O mais recente livro de poesias do jornalista, poeta,
escritor e compositor Gilson Cavalcante será lançado no dia 22 de novembro, no
Mumbuca. “A Mofina-flor de Morfeu” foi premiado na Bolsa de Publicações Hugo de
Carvalho Ramos, da União Brasileira de Escritores – seção de Goiás, no ano
passado, e foi impresso pela gráfica da Universidade Federal de Goiás (UFGO).
Como prêmio, o poeta teve sua obra publicada (90 poemas) e mais 20 salários
mínimos em dinheiro. “A Mofina-flor de Morfeu” é composto de poemas densos que
falam da dor, do vazio e do nada, de forma lírica, filosófica, com pitadas de
humor e com um esmerado jogo de palavras bem construído.
O livro de Gilson Cavalcante, de acordo com a comissão julgadora, composta
pelos escritores e críticos literários Delermando Vieira Sobrinho, Carlos
Willian Leite e Maria de Fátima Gonçalves Lima, “A Mofrina-flor de Morfeu”

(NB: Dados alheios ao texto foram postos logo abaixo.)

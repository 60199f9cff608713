//! Measures how long each stage of `ordtx serial` takes, in milliseconds.
//!
//! `bench_stages read FILE` prints the times of reading a batch from the file's bytes, of running
//! it on one thread, and of writing its report into a text. `bench_stages value FILE` prints those
//! of making the JSON value alone (`serde_json`) and of freeing it. That is a process of its own,
//! since a second value would be made on the heap that the first one left. `bench_stages run FILE`
//! prints the times of running the batch on one thread, and in rounds with 1, 2 and 4 workers. With
//! no argument it prints nothing.
#![tactic(auto)]

ghost use Rattle.std.specs.Prelude.{◌≤◌, IfSome, length};
ghost use Rattle.meaning.specs.declared.limits.TheConstants.{MAX_OBJECTS};

use batch::Plain;
use lang::read;
use one_thread::plain;
use report::render_plain;
use rounds::{Batch, NoGate, Plan, execute};
use serde_json::Value;
use std::alloc::Global;
use std::process::ExitCode;
use std::thread::Threads;
use std::time::{Clock, Instant};
use std::{env, fs};

// The milliseconds since then, or 0 where the clock can't be read.
fn since<R: Clock>(rt: &R, start: Instant) -> u64 {
    match start.elapsed(rt) {
        Ok(taken) => u64::try_from(taken.as_millis()).unwrap_or(u64::MAX),
        Err(_) => 0,
    }
}

fn time_value(rt: &HostRuntime, alloc: Global, bytes: &[u8]) -> Option<()> {
    let start = Instant::now(rt).ok()?;
    let value = Value::from_slice(alloc, bytes).ok()?;
    let parsed = since(rt, start);
    let start = Instant::now(rt).ok()?;
    drop(value);
    let freed = since(rt, start);
    let _ = println!(rt; "value {parsed} ms (freed in {freed} ms)");
    Some(())
}

// Reads a batch, and returns the milliseconds of that.
fn time_read<R: Clock>(rt: &R, alloc: Global, bytes: &[u8]) -> Option<(Batch, u64)> {
    let start = Instant::now(rt).ok()?;
    let batch = read(alloc, bytes).ok()?;
    let taken = since(rt, start);
    Some((batch, taken))
}

// Runs a batch on one thread, and returns the milliseconds of that.
fn time_plain<R: Clock>(rt: &R, alloc: Global, batch: &Batch) -> Option<(Plain, u64)>
    ensures { IfSome result (λ timed. length timed.0.objects ≤ MAX_OBJECTS) }
{
    let start = Instant::now(rt).ok()?;
    let answer = plain(alloc, batch).ok()?;
    let taken = since(rt, start);
    Some((answer, taken))
}

// Writes the report into a text, and returns its bytes and the milliseconds of that.
fn time_report<R: Clock>(
    rt: &R,
    alloc: Global,
    batch: &Batch,
    answer: &Plain,
) -> Option<(usize, u64)>
    requires { length answer.now.objects ≤ MAX_OBJECTS }
{
    let start = Instant::now(rt).ok()?;
    let text = render_plain(alloc, batch, answer).ok()?;
    let taken = since(rt, start);
    Some((text.len(), taken))
}

fn time_stages(rt: &HostRuntime, alloc: Global, bytes: &[u8]) -> Option<()> {
    let (batch, read) = time_read(rt, alloc, bytes)?;
    let (answer, run) = time_plain(rt, alloc, &batch)?;
    let (size, written) = time_report(rt, alloc, &batch, &answer)?;
    let _ = println!(rt; "read {read} ms, run {run} ms, text {written} ms ({size} bytes)");
    Some(())
}

/// How many transactions a worker takes at once, as in the program by default.
const CUT: u32 = 16;

// The milliseconds of running the batch in rounds.
fn time_rounds<R: Clock + Threads + Sync>(
    rt: &R,
    alloc: Global,
    batch: &Batch,
    workers: u32,
) -> Option<u64> {
    let plan = Plan::new(workers, CUT)?;
    let start = Instant::now(rt).ok()?;
    let outcome = execute(rt, alloc, batch, plan, &NoGate).ok()?;
    let taken = since(rt, start);
    drop(outcome);
    Some(taken)
}

/// The milliseconds of running a batch: on one thread, and in rounds with so many workers.
#[derive(Clone, Copy)]
struct Runs {
    serial: u64,
    with_one: u64,
    with_two: u64,
    with_four: u64,
}

fn time_runs<R: Clock + Threads + Sync>(rt: &R, alloc: Global, bytes: &[u8]) -> Option<Runs> {
    let batch = read(alloc, bytes).ok()?;
    let (answer, serial) = time_plain(rt, alloc, &batch)?;
    drop(answer);
    Some(Runs {
        serial,
        with_one: time_rounds(rt, alloc, &batch, 1)?,
        with_two: time_rounds(rt, alloc, &batch, 2)?,
        with_four: time_rounds(rt, alloc, &batch, 4)?,
    })
}

fn print_runs(rt: &HostRuntime, runs: &Runs) {
    let Runs {
        serial,
        with_one,
        with_two,
        with_four,
    } = runs;
    let _ = println!(rt;
        "run {serial} ms, in rounds with 1 worker {with_one} ms, 2 {with_two} ms, 4 {with_four} ms"
    );
}

fn main(rt: HostRuntime) -> ExitCode {
    let Ok(mut words) = env::args(&rt) else {
        return ExitCode::FAILURE;
    };
    let Some(stage) = words.nth(1) else {
        return ExitCode::SUCCESS;
    };
    let Some(path) = words.next() else {
        return ExitCode::FAILURE;
    };
    let Ok(bytes) = fs::read(&rt, path.as_str()) else {
        return ExitCode::FAILURE;
    };
    let timed = match stage.as_str() {
        "value" => time_value(&rt, rt.alloc(), bytes.as_slice()),
        "run" => time_runs(&rt, rt.alloc(), bytes.as_slice()).map(|runs| print_runs(&rt, &runs)),
        "read" => time_stages(&rt, rt.alloc(), bytes.as_slice()),
        _ => None,
    };
    match timed {
        Some(()) => ExitCode::SUCCESS,
        None => ExitCode::FAILURE,
    }
}
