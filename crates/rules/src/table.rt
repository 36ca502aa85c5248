// The table into which the readers put a rule's rows.
use crate::row::Row;

// Rows past the 64th are counted and not kept; `deep` is the first token that makes the depth 17.
// An array and a count, as a rule takes them over.
#[derive(Clone, Copy)]
pub(crate) struct Table {
    pub(crate) rows: [Row; 64],
    pub(crate) count: usize,
    pub(crate) deep: Option<usize>,
}
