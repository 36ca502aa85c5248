// What holds of every text, on the contract of a function.
ghost use Rattle.rules.specs.Grammar.{OneReading};
ghost use Rattle.rules.specs.Texts.{OneFaultPlace, OneRuleAnswer};

// Two derivations with the same tokens are one; tokens stop being the beginning of an expression at one place;
// and a text has one answer.
pub fn readings_are_one()
    ensures reading { OneReading }
    ensures place { OneFaultPlace }
    ensures answer { OneRuleAnswer }
{}
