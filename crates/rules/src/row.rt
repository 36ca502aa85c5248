// A rule's rows, as the judge works on them.

// Which side of its limit a test wants the reading on.
#[derive(Clone, Copy, PartialEq, Eq)]
pub enum Side {
    AtLeast,
    AtMost,
}

// One row. Children are numbers of earlier rows; a window goes from one tick ahead to another, both counted.
#[derive(Clone, Copy, PartialEq, Eq)]
pub enum Row {
    Test {
        line: u8,
        side: Side,
        limit: i32,
    },
    Not {
        child: usize,
    },
    And {
        left: usize,
        right: usize,
    },
    Or {
        left: usize,
        right: usize,
    },
    Eventually {
        from: u32,
        to: u32,
        child: usize,
    },
    Always {
        from: u32,
        to: u32,
        child: usize,
    },
    Until {
        from: u32,
        to: u32,
        left: usize,
        right: usize,
    },
}
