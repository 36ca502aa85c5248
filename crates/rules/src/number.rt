// The numbers and places of the refusals.
ghost use Rattle.std.specs.Prelude.{◌≡◌};
ghost use Rattle.rules.specs.Faults.{rule_fault_number, fault_place};

use crate::fault::RuleFault;
use tokens::fault::TokenFault;

impl RuleFault {
    // 12 to 19, by which users know the refusal.
    pub fn number(self) -> u8
        ensures { result ≡ rule_fault_number self }
    {
        match self {
            RuleFault::Empty | RuleFault::Token(TokenFault::TooLong) => 12,
            RuleFault::Token(TokenFault::Malformed { .. }) => 13,
            RuleFault::Grammar { .. } => 14,
            RuleFault::UnknownName { .. } => 15,
            RuleFault::OutOfBounds { .. } => 16,
            RuleFault::TooDeep { .. } => 17,
            RuleFault::TooManyRows => 18,
            RuleFault::TooFar => 19,
        }
    }

    // The byte of the text that it is about, 0 where it is about the whole text.
    pub fn place(self) -> usize
        ensures { result ≡ fault_place self }
    {
        match self {
            RuleFault::Token(TokenFault::Malformed { at })
            | RuleFault::Grammar { at }
            | RuleFault::UnknownName { at }
            | RuleFault::OutOfBounds { at }
            | RuleFault::TooDeep { at } => at,
            RuleFault::Empty
            | RuleFault::Token(TokenFault::TooLong)
            | RuleFault::TooManyRows
            | RuleFault::TooFar => 0,
        }
    }
}
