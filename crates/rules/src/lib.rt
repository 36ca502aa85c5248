// Rule texts: from bytes to the rows that the judge works on.
#![tactic(auto)]

mod checks;
pub mod fault;
mod fill;
pub mod laws;
mod modality;
mod number;
pub mod parents;
mod reach;
mod read;
mod readers;
pub mod row;
pub mod rule;
pub mod same;
mod table;
pub mod tested;
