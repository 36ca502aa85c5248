// How the table fills.
ghost use Rattle.std.specs.Prelude.{◌≡◌, ℕ, ◌+◌, ◌^◌, ◌<◌, [], if◌then◌else◌, Some, None, nat_lt};
ghost use Rattle.std.specs.Option.{option_or};
ghost use Rattle.rules.specs.Readers.{TableHolds, Pushed, Risen};

use crate::row::Row;
use crate::table::Table;

// No token of a rule may be deeper.
const DEPTH: usize = 16;

impl Table {
    pub(crate) fn new() -> Table
        ensures { TableHolds result [] [] }
    {
        Table {
            rows: [Row::Not { child: 0 }; 64],
            count: 0,
            deep: None,
        }
    }

    // Adds a row and answers its number.
    pub(crate) fn push(&mut self, row: Row) -> usize
        requires { self.old.count + 1 < 2 ^ 64 }
        ensures { Pushed row self.old self.new result }
    {
        let at = self.count;
        if at < 64 {
            self.rows[at] = row;
        }
        self.count = at + 1;
        at
    }

    // Notes the depth that the token at this place makes.
    pub(crate) fn rise(&mut self, at: usize, depth: usize)
        ensures { Risen at depth self.old self.new }
    {
        self.deep = first_deep(self.deep, at, depth);
    }
}

// The first token that is too deep, after one more.
fn first_deep(deep: Option<usize>, at: usize, depth: usize) -> Option<usize>
    ensures { result ≡ option_or deep (if nat_lt 16 depth then Some at else None) }
{
    deep.or((depth > DEPTH).then_some(at))
}
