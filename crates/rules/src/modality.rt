// What F and G say of the part behind their window.
ghost use Rattle.std.specs.Prelude.{◌≡◌};
ghost use Rattle.rules.specs.Grammar.{span};
ghost use Rattle.rules.specs.Tables.{modal_row};

use crate::row::Row;

// F wants it at some tick of the window, and G at each.
#[derive(Clone, Copy)]
pub(crate) enum Modality {
    Eventually,
    Always,
}

impl Modality {
    // The row above a part whose last row is `child`.
    pub(crate) fn row(self, from: u32, to: u32, child: usize) -> Row
        ensures { result ≡ modal_row self (span from to) child }
    {
        match self {
            Modality::Eventually => Row::Eventually { from, to, child },
            Modality::Always => Row::Always { from, to, child },
        }
    }
}
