// How many ticks ahead a table of rows looks.
ghost use Rattle.std.specs.Prelude.{◌≡◌, ℕ, ◌+◌, ◌*◌, ◌<◌, ◌≤◌, length, slice_index};
ghost use Rattle.rules.specs.Rows.{row_reach_by as reach_of_row, reach};

use crate::row::Row;
use arrayvec::ArrayVec;

fn reach_at(done: &[u64], row: usize) -> u64
    ensures { result ≡ slice_index done.now row }
{
    done.get(row).copied().unwrap_or(0)
}

// The reach of a row, by those of the rows before it.
fn row_reach(done: &[u64], row: Row) -> u64
    requires { (c : ℕ) → slice_index done.now c ≤ 274877906944 }
    ensures value { result ≡ reach_of_row done.now row }
    ensures bound { (m : ℕ) → ((c : ℕ) → slice_index done.now c ≤ m) → result ≤ m + 4294967296 }
{
    match row {
        Row::Test { .. } => 0,
        Row::Not { child } => reach_at(done, child),
        Row::And { left, right } | Row::Or { left, right } => {
            reach_at(done, left).max(reach_at(done, right))
        }
        Row::Eventually { to, child, .. } | Row::Always { to, child, .. } => {
            reach_at(done, child) + to as u64
        }
        Row::Until {
            to,
            left,
            right,
            ..
        } => reach_at(done, left).max(reach_at(done, right)) + to as u64,
    }
}

pub(crate) fn reach_of(rows: &[Row]) -> u64
    requires few { length rows.now ≤ 64 }
    requires some { 0 < length rows.now }
    ensures { result ≡ reach rows.now }
{
    let mut found: ArrayVec<u64, 64> = ArrayVec::new();
    for row in rows {
        let reach = row_reach(found.as_slice(), *row);
        found.push(reach);
    }
    found.as_slice()[rows.len() - 1]
}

trata-se de uma obra poética “erguida dentro do contexto existencial, muito bem
estruturada, cuja lírica se concretiza ao fôlego das ideias inerentes à dor
humana, como, também, à eficácia do jogo de palavras, seus significados,
estigmas e vicissitudes, tão correlatos ao íntimo do ser”.
A comissão conclui que o poeta Gilson Cavalcante “trabalha com concisão,
lirismo, sem, contudo, deixar-se perder em suas nuances poéticas, ao sentido de
suas ideias, bem como às imagéticas, mensagem e sabedoria”.
O poeta abre sua Morfina-flor com o seguinte poema: Entro neste livro como um gerúndio: doendo, sangrando em palavras,
ardendo na área do conflito. Não sei se voo ou grito.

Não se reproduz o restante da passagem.